The business of selling college textbooks is a racket. As Ernie Smith of Atlas Obscura notes, it has a long history. Every academic year a new edition of practically every college textbook is released by the publisher. The prices of college textbooks are horrendously high, sometimes in excess of $200. Since textbooks are required reading in almost every college course, students must buy or rent the newest, and thus the most expensive, edition.

Academic publishers send professors sample copies of their texts over the summer. Publishers’ reps inundate professors with e-mails and phone calls begging them to choose their textbooks. Sometimes publishers contact professors asking them to write textbooks. The profit motive for publishers is immense. So is it for the professor who writes a widely used textbook. Royalties from a single book have been known to pay entire mortgages. 

But why do college textbook publishers charge so much?
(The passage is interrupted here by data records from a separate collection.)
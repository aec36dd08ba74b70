// The deliver lines of a document by the numbers of their frames.
ghost use Rattle.std.specs.Prelude.{◌≡◌, ℕ, IfOk, OnOk, MatchOption};
ghost use Rattle.std.specs.List.Sorted.{IsNonDecreasingBy};
ghost use Rattle.std.specs.Option.{option_copied};
ghost use Rattle.fh_document.specs.Delivered.{frame_number};
ghost use Rattle.frame_ways.specs.Copies.{line_of};
ghost use Rattle.frame_ways.specs.Rows.{AreRising, AreRowsOf, is_of, numbered, first_place};

use crate::order::{are_in_order, number_of};
use air_source::Side;
use fh_base::{List, NoMemory};
use fh_document::{Delivery, TrafficClass, frame_number};
use std::alloc::Global;

/// A line: the number of the frame that it speaks of, and its place in the document's list, counted from 0.
#[derive(Clone, Copy)]
pub(crate) struct Row {
    pub(crate) number: u64,
    pub(crate) place: usize,
}

/// Whether a line speaks of a frame that is sent to a unit.
fn is_of(side: Side, delivery: &Delivery) -> bool
    ensures { result ≡ is_of side delivery.now }
{
    delivery.side == side
}

/// The lines that speak of frames to a unit, in the order of the document.
fn listed(alloc: Global, deliveries: &List<Delivery>, side: Side) -> Result<Vec<Row>, NoMemory>
    ensures { IfOk result (λ v. v.items ≡ numbered side deliveries.now) }
{
    let mut rows = Vec::with_capacity(alloc, deliveries.len())?;
    for place in 0..deliveries.len() {
        if let Some(delivery) = deliveries.get(place) {
            if is_of(side, delivery) {
                let number = number_of(delivery);
                rows.push(Row { number, place })?;
            }
        }
    }
    Ok(rows)
}

/// Sorts lines by the numbers of their frames; those of one frame keep their order.
fn sort_by_number(rows: &mut Vec<Row>) -> Result<(), NoMemory>
    ensures rising { OnOk result (AreRising rows.new.items) }
    ensures first { (n : ℕ) → first_place n rows.new.items ≡ first_place n rows.old.items }
{
    rows.sort_by_key(|row| row.number)?;
    Ok(())
}

/// The lines that speak of frames to a unit, in the order of the numbers of these. None, which takes no memory, where all lines are
/// in this order in the document.
pub(crate) fn rows_of(
    alloc: Global,
    deliveries: &List<Delivery>,
    side: Side,
) -> Result<Option<Vec<Row>>, NoMemory>
    ensures { IfOk result (λ rows. MatchOption rows (IsNonDecreasingBy frame_number deliveries.now) (λ v. AreRowsOf side deliveries.now v.items)) }
{
    if are_in_order(deliveries) {
        return Ok(None);
    }
    let mut rows = listed(alloc, deliveries, side)?;
    sort_by_number(&mut rows)?;
    Ok(Some(rows))
}

/// The place in the document's list of the first of these lines that speaks of a frame. None where no line does.
fn place_of(rows: &[Row], number: u64) -> Option<usize>
    requires { AreRising rows.now }
    ensures { result ≡ first_place number rows.now }
{
    let at = rows.partition_point(|row| row.number < number);
    if at < rows.len() && rows[at].number == number {
        Some(rows[at].place)
    } else {
        None
    }
}

/// The first line that speaks of a frame, by the rows of the lines that speak of frames to the unit.
pub(crate) fn line_by<'a>(
    rows: &[Row],
    deliveries: &'a List<Delivery>,
    side: Side,
    class: TrafficClass,
    k: u32,
) -> Option<&'a Delivery>
    requires { AreRowsOf side deliveries.now rows.now }
    ensures { option_copied result ≡ line_of deliveries.now side class k }
{
    let place = place_of(rows, frame_number(side, class, k))?;
    deliveries.get(place)
}
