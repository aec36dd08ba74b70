// Both units' meters, and the measurements that have still to begin.
ghost use Rattle.std.specs.Prelude.{◌≡◌, All, IfOk, map};
ghost use Rattle.fh_document.specs.Proper.{IsMeasure};
ghost use Rattle.unit_meters.specs.Begins.{begin_time};

use air_source::Side;
use delay_exchange::UnitMeter;
use delay_measure::Compensation;
use fh_base::{List, NoMemory, Ticks, of_ns};
use fh_document::Measure;
use frame_ways::LandingQueue;
use std::alloc::Global;

/// The delay measurement of both units, and the measurements that have not begun yet.
#[derive(Drop)]
pub struct Meters<'a> {
    measures: &'a List<Measure>,
    waiting: LandingQueue,
    /// The radio unit's.
    pub ru: UnitMeter,
    /// The distributed unit's.
    pub du: UnitMeter,
}

/// When a measurement begins, in ticks.
fn time_of(measure: &Measure) -> Ticks
    requires { IsMeasure measure.now }
    ensures { result ≡ begin_time measure.now }
{
    of_ns(measure.at)
}

/// The times at which measurements begin, in ticks.
fn times_of(alloc: Global, measures: &List<Measure>) -> Result<Vec<Ticks>, NoMemory>
    requires { All IsMeasure measures.now }
    ensures { IfOk result (λ times. times.items ≡ map begin_time measures.now) }
{
    let mut times = Vec::with_capacity(alloc, measures.len())?;
    for k in 0..measures.len() {
        if let Some(measure) = measures.get(k) {
            times.push(time_of(measure))?;
        }
    }
    Ok(times)
}

impl<'a> Meters<'a> {
    ghost use Rattle.std.specs.Prelude.{ℤ, pos, ◌+ℤ◌, ◌≤ℤ◌, ◌^◌, List as SpecList, OnOk};
    ghost use Rattle.air_source.specs.declared.events.Side.TheVariants.{Du as AtDu, Ru as AtRu};
    ghost use Rattle.delay_exchange.specs.Units.{HasDoings};
    ghost use Rattle.delay_measure.specs.declared.edge.Compensation.{Compensation as SpecCompensation};
    ghost use Rattle.delay_laws.specs.Ticks.{Begin, due};
    ghost use Rattle.delay_measure.specs.Kept.{IsInRange};
    ghost use Rattle.delay_model.specs.Doings.{Doings, nothing, with_begins};
    ghost use Rattle.fh_base.specs.Least.{IsLeastOf};
    ghost use Rattle.unit_meters.specs.Begins.{Awaits, HasBegun, MetersStand, NoneBeginsTo, begin_of, begins_of};

    /// All these measurements wait, with the compensation of each unit.
    ///
    /// # Errors
    ///
    /// [`NoMemory`] where memory runs out.
    pub fn make(
        alloc: Global,
        measures: &'a List<Measure>,
        ru: Compensation,
        du: Compensation,
    ) -> Result<Meters<'a>, NoMemory>
        requires measures { All IsMeasure measures.now }
        requires ru { IsInRange ru }
        requires du { IsInRange du }
        ensures { IfOk result (λ m. (now : ℤ) → now ≤ℤ pos 0 → MetersStand (map begin_of measures.now) now ru du nothing nothing m) }
    {
        let times = times_of(alloc, measures)?;
        let waiting = LandingQueue::make(alloc, times.as_slice())?;
        Ok(Meters {
            measures,
            waiting,
            ru: UnitMeter::make(alloc, ru),
            du: UnitMeter::make(alloc, du),
        })
    }

    /// The next time at which a measurement begins. None where none waits.
    pub fn next_time(&self) -> Option<Ticks>
        ensures { (bs : SpecList Begin) (now : ℤ) → Awaits bs now self.now → IsLeastOf (NoneBeginsTo bs now) result }
    {
        self.waiting.next_time()
    }

    /// Begins all measurements of a tick, in their order. What they send is among the frames that their units made.
    ///
    /// # Errors
    ///
    /// [`NoMemory`] where memory runs out.
    pub fn begin(&mut self, tick: Ticks) -> Result<(), NoMemory>
        requires { (bs : SpecList Begin) × (cr : SpecCompensation) × (cd : SpecCompensation) × (x : Doings) × (y : Doings) × MetersStand bs tick.0 cr cd x y self.old }
        ensures { (bs : SpecList Begin) (cr : SpecCompensation) (cd : SpecCompensation) (x : Doings) (y : Doings) → MetersStand bs tick.0 cr cd x y self.old
            → OnOk result (MetersStand bs (tick.0 +ℤ pos 1) cr cd (with_begins cr x (begins_of AtRu (due tick.0 bs))) (with_begins cd y (begins_of AtDu (due tick.0 bs))) self.new) }
    {
        while let Some(k) = self.waiting.take_at(tick) {
            if let Some(measure) = self.measures.get(k) {
                self.begin_one(tick, measure)?;
            }
        }
        Ok(())
    }

    /// Begins one measurement, at its unit.
    fn begin_one(&mut self, tick: Ticks, measure: &Measure) -> Result<(), NoMemory>
        requires low { pos 0 ≤ℤ tick.0 }
        requires high { tick.0 ≤ℤ pos (2 ^ 56) }
        ensures { (cr : SpecCompensation) (cd : SpecCompensation) (x : Doings) (y : Doings) → HasDoings cr x self.old.ru → HasDoings cd y self.old.du
            → OnOk result (HasBegun tick.0 measure.now cr cd x y self.old self.new) }
    {
        match measure.side {
            Side::Ru => self.ru.begin(tick, measure.id, measure.kind),
            Side::Du => self.du.begin(tick, measure.id, measure.kind),
        }
    }
}
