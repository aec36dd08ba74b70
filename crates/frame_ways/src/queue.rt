// The queue of landings.
ghost use Rattle.std.specs.Prelude.{◌≡◌, ℤ, All, IfOk};

use crate::landings::Landing;
use crate::sorting::{listed, sort_by_time};
use fh_base::{NoMemory, Ticks};
use std::alloc::Global;
use std::marker::Model;

/// The frames that have not landed yet, by time, those of one time in the order of the list. All memory is taken when it
/// is made, and each other call takes constant time.
#[derive(Drop)]
pub struct LandingQueue {
    landings: Vec<Landing>,
    next: usize,
}

impl Model for LandingQueue {
    ghost use Rattle.std.specs.Prelude.{List, drop};
    ghost use Rattle.frame_ways.specs.Queues.{AreRising};
    ghost use Rattle.frame_ways.specs.declared.landings.Landing.{Landing};

    ghost Value = { List Landing };

    ghost view = { λ q. drop q.next q.landings.items };

    ghost invariant = { λ q. AreRising (drop q.next q.landings.items) };
}

impl LandingQueue {
    ghost use Rattle.frame_ways.specs.Queues.{AreRising, at_time, enumerated, IsPlaced, Took, first_time};

    /// Takes all memory, for the frames of a list with these times, in ticks. `NoMemory` where it cannot be had.
    pub fn make(alloc: Global, times: &[Ticks]) -> Result<LandingQueue, NoMemory>
        ensures at_time { IfOk result (λ q. (t : ℤ) → at_time t q ≡ at_time t (enumerated times.now)) }
        ensures rising { IfOk result (λ q. AreRising q) }
        ensures placed { IfOk result (λ q. All (IsPlaced times.now) q) }
    {
        let mut landings = listed(alloc, times)?;
        sort_by_time(&mut landings)?;
        Ok(LandingQueue { landings, next: 0 })
    }

    /// The least time, in ticks, of the frames left. None exactly where no frame is left.
    pub fn next_time(&self) -> Option<Ticks>
        ensures time { result ≡ first_time self.now }
        ensures rising { AreRising self.now }
    {
        if self.next < self.landings.len() {
            Some(self.landings[self.next].at)
        } else {
            None
        }
    }

    /// The place of the first frame left, where its time is `at`, in ticks; it is left no more. Else None, and all stays.
    pub fn take_at(&mut self, at: Ticks) -> Option<usize>
        ensures took { Took at result self.old self.new }
        ensures rising { AreRising self.new }
    {
        if self.next < self.landings.len() {
            let landing = self.landings[self.next];
            if landing.at == at {
                self.next += 1;
                return Some(landing.index);
            }
        }
        None
    }
}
George Washington University political science professor Henry Farrell offers an explanation:

“College textbook publishers charge vast and extortionate amounts for their textbooks for one simple reason. They do it because they can. Students usually have to take a few required big courses for their major, and they have to buy the required textbooks for these courses. This means that the market is price insensitive (which is economic jargon for saying that demand doesn’t go down as much as it should when prices go up). Professors often don’t care as much as they should about the costs of the textbooks — after all, they don’t have to pay those costs themselves. Students do usually care, but they don’t have any choice in the matter — they have to buy the textbooks they are required to buy. Businesses can make big, big profits from selling to price-insensitive markets, since they can jack up prices without weakening demand for their product. It’s a sweet deal for academic publishers, but not so great for students.”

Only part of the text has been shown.